Eight months later, and her story is very different.

"I was so euphoric I went over the top. I got into the habit of drinking and taking drugs which I never did normally and it got to the point where I was out of control." The scientific literature states clearly that Prozac is not addictive, though Julia's account of giving the drug up three months ago hints at, at the least, some sort of psychological dependency.

"I decided I'd do it `cold turkey', but for the first week or so, when I felt panicky at work, I'd pop two and feel a lot calmer three hours later," she recalls. "I've stopped doing that, but every day I fantasise about going back on it. In my handbag I've got three packets of it, which I've been carrying around. Prozac gave me a false sense of security. After I lost that crutch that confidence was no longer there.

"As for now, I feel really lousy. I have sunk back into a terrible depression. I've put on 2 stone the temptation to go back is very strong. But I know there is more I can do to help myself than by popping a pill. It feels like I am kicking an addiction."

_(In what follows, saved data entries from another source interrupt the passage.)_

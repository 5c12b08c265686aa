//! What the tests are made of: a transport that takes notes, clients, events and losses.
use crate::quiet::{Passes, Quiet};
use sentry_base::protocol::{
    Category, ClientReport, Draw, Envelope, EnvelopeItem, Event, Fresh, Label, Log, LogLevel,
    LossSource, Losses, Reason, Refusal, SpanId, TraceId, Uuid,
};
use sentry_client_reports::{Recorder, TransportLossReason};
use sentry_lock::{Client, CoreLock, Locked, SharedCore, Waiting};
use sentry_options::ClientOptions;
use sentry_scope::Scope;
use sentry_transport::Transport;
use std::alloc::{AllocError, Global};
use std::sync::{Arc, Mutex, Wait};

pub(crate) type Options = ClientOptions<Quiet>;

/// The lock of a core over callbacks that do nothing. What acts on clients is generic in the lock, which is proved faster
/// than over this one.
pub(crate) type Lock<T, R> = Locked<Passes, Quiet, Arc<T>, Waiting<R>>;

/// What a transport was asked to do.
#[derive(Clone, Copy, PartialEq)]
pub(crate) enum Note {
    /// To send an event with this id.
    Send(u128),
    /// To send so many logs.
    SendLogs(usize),
    /// To flush, with this timeout.
    Flush(u64),
    /// To shut down, with this timeout.
    Shutdown(u64),
}

/// What a transport was asked to do so far, in order.
pub(crate) struct Notes {
    pub(crate) asked: Vec<Note>,
    /// What the reports of its envelopes tell.
    pub(crate) told: Losses,
}

impl Drop for Notes {
    fn drop(self) {
        let Notes { asked: _, told: _ } = self;
    }
}

impl Notes {
    pub(crate) fn new(alloc: Global) -> Notes {
        Notes {
            asked: Vec::new(alloc),
            told: Losses::none(),
        }
    }

    fn note(&mut self, envelope: &Envelope) {
        for item in envelope.items.as_slice() {
            match item {
                EnvelopeItem::Event(event) => {
                    drop(self.asked.push(Note::Send(event.event_id.as_u128())));
                }
                EnvelopeItem::ClientReport(report) => add_report(&mut self.told, report),
                EnvelopeItem::Logs(logs) => drop(self.asked.push(Note::SendLogs(logs.len()))),
                _ => {}
            }
        }
    }
}

/// Takes notes, and gives one answer to each flush and shutdown.
#[derive(Drop)]
pub(crate) struct Notebook<R: Wait + Drop> {
    rt: R,
    notes: Mutex<Notes>,
    answer: bool,
}

impl<R: Wait + Drop> Notebook<R> {
    pub(crate) fn new(rt: R, alloc: Global, answer: bool) -> Result<Arc<Notebook<R>>, AllocError> {
        let notes = Mutex::new(Notes::new(alloc));
        Ok(Arc::new(alloc, Notebook { rt, notes, answer })?)
    }

    /// The notes so far, which are then forgotten.
    pub(crate) fn take(&self, alloc: Global) -> Notes {
        let mut notes = self.notes.lock(&self.rt);
        std::mem::replace(&mut *notes, Notes::new(alloc))
    }
}

impl<R: Wait + Drop> Transport for Notebook<R> {
    fn send_envelope(&self, envelope: Envelope) {
        self.notes.lock(&self.rt).note(&envelope);
    }

    fn flush(&self, timeout: u64) -> bool {
        drop(self.notes.lock(&self.rt).asked.push(Note::Flush(timeout)));
        self.answer
    }

    fn shutdown(&self, timeout: u64) -> bool {
        drop(
            self.notes
                .lock(&self.rt)
                .asked
                .push(Note::Shutdown(timeout)),
        );
        self.answer
    }
}

/// Options with a DSN.
pub(crate) fn options(alloc: Global, is_starving: bool) -> Result<Options, Refusal> {
    let mut callbacks = Quiet::new();
    callbacks.is_starving = is_starving;
    ClientOptions::with_callbacks(alloc, callbacks).dsn("https://key@sentry.example.com/42")
}

/// A client, its label, and the recorder of its transport, until that is let go.
pub(crate) struct Held<L> {
    pub(crate) client: Client<L>,
    pub(crate) label: Label,
    pub(crate) recorder: Option<Recorder>,
}

impl<L: Drop> Drop for Held<L> {
    fn drop(self) {
        let Held {
            client: _,
            label: _,
            recorder: _,
        } = self;
    }
}

impl<T: Transport + Drop, R: Wait + Drop> Held<Lock<T, R>> {
    /// On a new core.
    pub(crate) fn new(
        rt: R,
        alloc: Global,
        options: Options,
        transport: Option<Arc<T>>,
    ) -> Result<Held<Lock<T, R>>, Refusal> {
        let core = SharedCore::new(Waiting(rt), alloc, 1)?;
        Held::on(&core, options, transport)
    }
}

impl<R: Wait + Drop + Copy> Held<Lock<Notebook<R>, R>> {
    /// On a new core, and the notebook to which it sends, which gives this answer.
    pub(crate) fn noted(
        rt: R,
        alloc: Global,
        options: Options,
        answer: bool,
    ) -> Result<(Held<Lock<Notebook<R>, R>>, Arc<Notebook<R>>), Refusal> {
        let notebook = Notebook::new(rt, alloc, answer)?;
        let held = Held::new(rt, alloc, options, Some(notebook.clone()?))?;
        Ok((held, notebook))
    }
}

impl<L: CoreLock> Held<L> {
    /// On a core that is there.
    pub(crate) fn on(
        core: &SharedCore<L>,
        options: ClientOptions<L::Callbacks>,
        transport: Option<L::Transport>,
    ) -> Result<Held<L>, Refusal> {
        let mut setup = core.client_setup(options)?;
        let label = setup.label();
        let recorder = match setup.transport_options()? {
            Some(made) => made.client_report_recorder,
            None => None,
        };
        let client = Client::with_options(setup, transport, 0)?;
        Ok(Held {
            client,
            label,
            recorder,
        })
    }

    /// Records that an error was lost in the network, if the recorder is held.
    pub(crate) fn lose_error(&mut self) {
        if let Some(recorder) = &mut self.recorder {
            lose_error(recorder);
        }
    }

    /// What is pending under its label, which then counts as reported.
    pub(crate) fn take_report(&self) -> Result<Option<ClientReport>, Refusal> {
        self.client.core().take_report(self.label)
    }

    /// How many errors stay pending, which then count as reported.
    pub(crate) fn pending(&self) -> Result<u64, Refusal> {
        match self.client.core().take_report(self.label)? {
            None => Ok(0),
            Some(report) => {
                let mut told = Losses::none();
                add_report(&mut told, &report);
                Ok(network_errors(&told))
            }
        }
    }

    /// What is drained of its words and absorbed.
    pub(crate) fn drain(&self) -> Result<Option<Losses>, Refusal> {
        self.client.core().drain_and_absorb(self.label)
    }

    /// Whether its words are closed then.
    pub(crate) fn close_losses(&self) -> Result<bool, Refusal> {
        self.client.core().close_losses(self.label)
    }
}

/// The ids and the moment of a call, from a number.
pub(crate) fn fresh(number: u64) -> Fresh {
    Fresh {
        now: number,
        uuid: Uuid::nil(),
        trace_id: TraceId([3; 16]),
        span_id: SpanId([4; 8]),
        draw: Draw::new(0).unwrap(),
    }
}

/// Captures a log on a client.
pub(crate) fn capture_log<L: CoreLock>(client: &Client<L>) -> Result<(), Refusal> {
    let alloc = client.core().allocator();
    let scope = Scope::new(alloc, TraceId([1; 16]), SpanId([2; 8]));
    client.capture_log(Log::new(alloc, LogLevel::Info, "waits", 1)?, &scope)
}

/// Captures an event of a number on a client.
pub(crate) fn capture_event<L: CoreLock>(client: &Client<L>, number: u64) -> Result<Uuid, Refusal> {
    let alloc = client.core().allocator();
    let scope = Scope::new(alloc, TraceId([1; 16]), SpanId([2; 8]));
    client.capture_event(event(alloc, number)?, Some(&scope), fresh(number))
}

/// An event with the id of a number: different numbers give different ids.
pub(crate) fn event(alloc: Global, number: u64) -> Result<Event, AllocError> {
    Event::new(alloc, Uuid::from_u128(u128::from(number)), number)
}

/// The loss of an error, without the error.
#[derive(Clone, Copy)]
struct LostError;

impl LossSource for LostError {
    ghost use Rattle.sentry_base.specs.Losses.{loss_of};
    ghost use Rattle.sentry_base.specs.declared.protocol.losses.Category.TheVariants as of_category;

    ghost losses_under = { λ _ reason. loss_of of_category.Error reason 1 };

    fn losses(&self, reason: Reason) -> Losses {
        Losses::of(Category::Error, reason, 1)
    }
}

/// Records that an error was lost in the network.
pub(crate) fn lose_error(recorder: &mut Recorder) {
    recorder.record_lost_data(&LostError, TransportLossReason::NetworkError);
}

/// Adds what a report tells.
pub(crate) fn add_report(sums: &mut Losses, report: &ClientReport) {
    for item in report.items.as_slice() {
        sums.add(&Losses::of(item.category, item.reason, item.quantity));
    }
}

/// How many errors these say were lost in the network.
pub(crate) fn network_errors(losses: &Losses) -> u64 {
    losses.get(Category::Error, Reason::NetworkError)
}

/// What came to a transport: how many events, how many different ones, and how many logs.
#[derive(Clone, Copy)]
pub(crate) struct Came {
    pub(crate) events: u64,
    pub(crate) different: u64,
    pub(crate) logs: u64,
}

pub(crate) fn what_came(alloc: Global, asked: &[Note]) -> Result<Came, AllocError> {
    let mut ids = Vec::new(alloc);
    let mut logs = 0u64;
    for note in asked {
        match note {
            Note::Send(id) => ids.push(*id)?,
            Note::SendLogs(more) => logs = logs.wrapping_add(*more as u64),
            Note::Flush(_) | Note::Shutdown(_) => {}
        }
    }
    let events = ids.len() as u64;
    ids.sort()?;
    ids.dedup();
    let different = ids.len() as u64;
    Ok(Came {
        events,
        different,
        logs,
    })
}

Many doctors who have prescribed Prozac predict that it will take at least a fortnight to take effect. That assertion, too, may repay closer examination, not least because of reports of would-be "recreational" use.

According to one Londoner I interviewed: "My girlfriend was taking Prozac and I tried one to see what it was like. It gave me exactly the same feeling as Ecstasy a slight ringing in the ears and a detachment from the real world. I didn't like it at all."

Already the drug has been high-jacked by the club scene.

"It is definitely becoming commonplace in the clubs," says one London nightlife regular. "Kids take Prozac and drop a tab of Ecstasy because they think it is going to enhance the effect. I've never seen anyone actually dealing Prozac in a club, but I'm sure it's the next step it's just a question of getting your hands on it."

"If you look at it historically, many drugs billed as wonder drugs have ended up being disasters," says Pam Armstrong. "The sad thing is that people coming off tranquillisers still feel a bit rough and they get shoved on Prozac. It's such an across-the-board prescription. Prozac is very new. It should be very closely monitored, and no doctor is in a position to do that sort of monitoring. It is still being tested, that is what people don't appreciate."

"Did I always have a temper?" wonders Geoffrey Williams in retrospect. "I've always been a fairly aggressive person, but never violent, I'd always been able to keep my cool. On Prozac, I felt physically incapable of controlling my aggression." Who knows, Williams now wonders, what would have happened had he not taken himself off the anti-depressant. Who, indeed?